I'm being asked a basis $B$ such that $|f|_B = \begin{bmatrix} 0&0\\ 0&1\\ \end{bmatrix} $
$ f: R^2 \rightarrow R^2 $ is linear transformation that is a projection such that
$ f([x_1 x_2]^T) = [2x_1+x_2 \ \ \ -2x_1-x_2]^T $
Then, I define as the basis I will work in...
$ N = \{(1,0)(0,1)\} $
Then, the linear transformation does...
$ f([1 0]^T) = [2 \ \ -2]_B $
$ f([0 1]^T) = [1 \ \ -1]_B $
The matrix $A$ associated to the linear transformation Ax=b is then:
$A= \begin{bmatrix} 2 & 1\\ -2 & -1\\ \end{bmatrix} $
If I'm understanding right, I'm being asked a pair of vectors $v_1 , v_2 \in B$ such that
$ Av_1 = [0 0]^T \\ Av_2 = [0 1]^T $
But when trying to solve it this way, I end up with a couple of equations that I'm not understading well, also, I'm not using the additional information that this linear transformation is a projection.
Edit because of hint
So I can choose whatever solution I want to...

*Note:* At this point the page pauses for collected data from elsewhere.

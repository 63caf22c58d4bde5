//! What a row is made of, field by field.

ghost use Rattle.std.specs.Prelude.{◌≡◌, ◌<◌, ◌^◌, List, ℕ, Result};
ghost use Rattle.cc_names.specs.Formed.{begins_with_letter};
ghost use Rattle.row_form.specs.Answers.{Answers};
ghost use Rattle.row_form.specs.Readers.{both, read_byte, read_word, read_long, read_text};
ghost use Rattle.row_form.specs.FieldReaders.{read_name, read_type_name, read_any_path, read_path, read_flag, read_kind, read_type_kind, read_out, read_entry, read_placed, read_place, read_extent, read_stored, extent_of};
ghost use Rattle.row_form.specs.RowReader.{read_tag};

use crate::cursor::{Cursor, Unread};
use cc_names::memory::Or;
use cc_names::names::Name;
use cc_names::paths::Path;
use cc_names::rows::{Extent, Kind, Out, Placed, ReadOf, Stored, Tag, TypeKind};
use cc_names::texts::Text;
use std::alloc::Global;
use std::marker::Model;

/// What can be read where bytes begin.
pub(crate) trait Field: Drop + Sized {
    ghost reader: { List ℕ → Result (Self × List ℕ) (List ℕ) };

    fn read(alloc: Global, cursor: &mut Cursor<'_>) -> Result<Self, Or<Unread>>
        ensures { Answers result (reader cursor.old.rest.now) cursor.new.rest.now };
}

/// One field and then another: what holds of two fields in order is proved here once.
impl<A: Field, B: Field> Field for (A, B) {
    ghost reader = { both A.reader B.reader };

    fn read(alloc: Global, cursor: &mut Cursor<'_>) -> Result<(A, B), Or<Unread>> {
        let first = A::read(alloc, cursor)?;
        let second = B::read(alloc, cursor)?;
        Ok((first, second))
    }
}

impl Field for u32 {
    ghost reader = { read_word };

    fn read(_alloc: Global, cursor: &mut Cursor<'_>) -> Result<u32, Or<Unread>> {
        cursor.word()
    }
}

impl Field for u64 {
    ghost reader = { read_long };

    fn read(_alloc: Global, cursor: &mut Cursor<'_>) -> Result<u64, Or<Unread>> {
        cursor.long()
    }
}

impl Field for Text {
    ghost reader = { read_text };

    fn read(alloc: Global, cursor: &mut Cursor<'_>) -> Result<Text, Or<Unread>> {
        let bytes = cursor.text()?;
        match Text::from_bytes(alloc, bytes) {
            Ok(text) => Ok(text),
            Err(_) => Err(Or::NoMemory),
        }
    }
}

impl Field for Name {
    ghost reader = { read_name };

    fn read(alloc: Global, cursor: &mut Cursor<'_>) -> Result<Name, Or<Unread>> {
        let here = cursor.unread();
        let bytes = cursor.text()?;
        match Name::read(alloc, bytes) {
            Ok(name) => Ok(name),
            Err(Or::NoMemory) => Err(Or::NoMemory),
            Err(Or::Is(_)) => Err(Or::Is(here)),
        }
    }
}

/// The name of a label type or a branch type.
#[derive(Drop)]
pub(crate) struct TypeName(Name);

impl Model for TypeName {
    ghost use Rattle.std.specs.Prelude.{List, ℕ};

    ghost Value = { List ℕ };

    ghost view = { λ name. name.0 };
}

impl TypeName {
    pub(crate) fn into_name(self) -> Name
        ensures { result ≡ self }
    {
        let TypeName(name) = self;
        name
    }
}

impl Field for TypeName {
    ghost reader = { read_type_name };

    fn read(alloc: Global, cursor: &mut Cursor<'_>) -> Result<TypeName, Or<Unread>> {
        let here = cursor.unread();
        let name: Name = Field::read(alloc, cursor)?;
        if begins_with_letter(name.as_bytes()) {
            return Ok(TypeName(name));
        }
        Err(Or::Is(here))
    }
}

fn begins_with_letter(bytes: &[u8]) -> bool
    ensures { result ≡ begins_with_letter bytes.now }
{
    match bytes.first() {
        Some(byte) => byte.is_ascii_alphabetic(),
        None => false,
    }
}

fn read_any_path(alloc: Global, cursor: &mut Cursor<'_>) -> Result<Path, Or<Unread>>
    ensures { Answers result (read_any_path cursor.old.rest.now) cursor.new.rest.now }
{
    let here = cursor.unread();
    let bytes = cursor.text()?;
    match Path::read(alloc, bytes) {
        Ok(path) => Ok(path),
        Err(Or::NoMemory) => Err(Or::NoMemory),
        Err(Or::Is(_)) => Err(Or::Is(here)),
    }
}

/// A path that is not the root.
impl Field for Path {
    ghost reader = { read_path };

    fn read(alloc: Global, cursor: &mut Cursor<'_>) -> Result<Path, Or<Unread>> {
        let here = cursor.unread();
        let path = read_any_path(alloc, cursor)?;
        if path.is_root() {
            return Err(Or::Is(here));
        }
        Ok(path)
    }
}

impl Field for bool {
    ghost reader = { read_flag };

    fn read(_alloc: Global, cursor: &mut Cursor<'_>) -> Result<bool, Or<Unread>> {
        let here = cursor.unread();
        match cursor.byte()? {
            0 => Ok(false),
            1 => Ok(true),
            _ => Err(Or::Is(here)),
        }
    }
}

impl Field for Kind {
    ghost reader = { read_kind };

    fn read(_alloc: Global, cursor: &mut Cursor<'_>) -> Result<Kind, Or<Unread>> {
        let here = cursor.unread();
        match cursor.byte()? {
            1 => Ok(Kind::File),
            2 => Ok(Kind::Directory),
            _ => Err(Or::Is(here)),
        }
    }
}

impl Field for TypeKind {
    ghost reader = { read_type_kind };

    fn read(_alloc: Global, cursor: &mut Cursor<'_>) -> Result<TypeKind, Or<Unread>> {
        let here = cursor.unread();
        match cursor.byte()? {
            1 => Ok(TypeKind::Label),
            2 => Ok(TypeKind::Branch),
            _ => Err(Or::Is(here)),
        }
    }
}

impl Field for Out {
    ghost reader = { read_out };

    fn read(_alloc: Global, cursor: &mut Cursor<'_>) -> Result<Out, Or<Unread>> {
        let here = cursor.unread();
        match cursor.byte()? {
            0 => Ok(Out::No),
            1 => Ok(Out::Reserved),
            2 => Ok(Out::Unreserved),
            _ => Err(Or::Is(here)),
        }
    }
}

impl Field for Tag {
    ghost reader = { read_tag };

    fn read(alloc: Global, cursor: &mut Cursor<'_>) -> Result<Tag, Or<Unread>> {
        let numbers: (u32, (u32, u32)) = Field::read(alloc, cursor)?;
        let (phase, (lane, command)) = numbers;
        Ok(Tag {
            phase,
            lane,
            command,
        })
    }
}

impl Field for ReadOf {
    ghost reader = { read_entry };

    fn read(alloc: Global, cursor: &mut Cursor<'_>) -> Result<ReadOf, Or<Unread>> {
        let pair: (Path, u64) = Field::read(alloc, cursor)?;
        let (path, row) = pair;
        Ok(ReadOf { path, row })
    }
}

impl Field for Placed {
    ghost reader = { read_placed };

    fn read(alloc: Global, cursor: &mut Cursor<'_>) -> Result<Placed, Or<Unread>> {
        let pair: (u64, u64) = Field::read(alloc, cursor)?;
        let (element, version) = pair;
        Ok(Placed { element, version })
    }
}

/// The offset of an extent.
fn read_place(cursor: &mut Cursor<'_>) -> Result<u64, Or<Unread>>
    ensures { Answers result (read_place cursor.old.rest.now) cursor.new.rest.now }
{
    let here = cursor.unread();
    let place = cursor.long()?;
    if place < (1 << 63) - 1 {
        return Ok(place);
    }
    Err(Or::Is(here))
}

/// The extent of this offset and length, if there may be one.
fn extent_of(place: u64, length: u64) -> Option<Extent>
    requires { place < 2 ^ 63 }
    ensures { result ≡ extent_of place length }
{
    if 0 < length && length <= 1_048_576 && place + length < 1 << 63 {
        return Some(Extent { place, length });
    }
    None
}

impl Field for Extent {
    ghost reader = { read_extent };

    fn read(_alloc: Global, cursor: &mut Cursor<'_>) -> Result<Extent, Or<Unread>> {
        let place = read_place(cursor)?;
        let here = cursor.unread();
        let length = cursor.long()?;
        extent_of(place, length).ok_or(Or::Is(here))
    }
}

impl Field for Stored {
    ghost reader = { read_stored };

    fn read(alloc: Global, cursor: &mut Cursor<'_>) -> Result<Stored, Or<Unread>> {
        let here = cursor.unread();
        match cursor.byte()? {
            0 => Ok(Stored::Here(Field::read(alloc, cursor)?)),
            1 => Ok(Stored::There(Field::read(alloc, cursor)?)),
            _ => Err(Or::Is(here)),
        }
    }
}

Let $v_1 = (a,b)$ and $v_2 = (c,d)$
$ \begin{bmatrix} 2&1\\ -2&-1\\ \end{bmatrix} $ $ \begin{bmatrix} a\\ b\\ \end{bmatrix} $= $ \begin{bmatrix} 0\\ 0\\ \end{bmatrix} $ I can say $v_1 = (0,0)$
$ \begin{bmatrix} 2&1\\ -2&-1\\ \end{bmatrix} $ $ \begin{bmatrix} c\\ d\\ \end{bmatrix} $= $ \begin{bmatrix} 0\\ 1\\ \end{bmatrix} $ I can say $v_2 = (-1/4,-1/2)$
Therefore $B=\{(0,0)(-1/4,-1/2)\} = \{(-1/4,-1/2\}$
Hint You are being asked to find two vectors $v_1$ and $v_2$ such that $f(v_1)=0$ and $f(v_2)=v_2$. Let $v_1=(x_1,x_2)$ and solve $f(x_1,x_2)=(0,0)$ and choose one solution (there are infinitely many solutions). The same for $v_2$.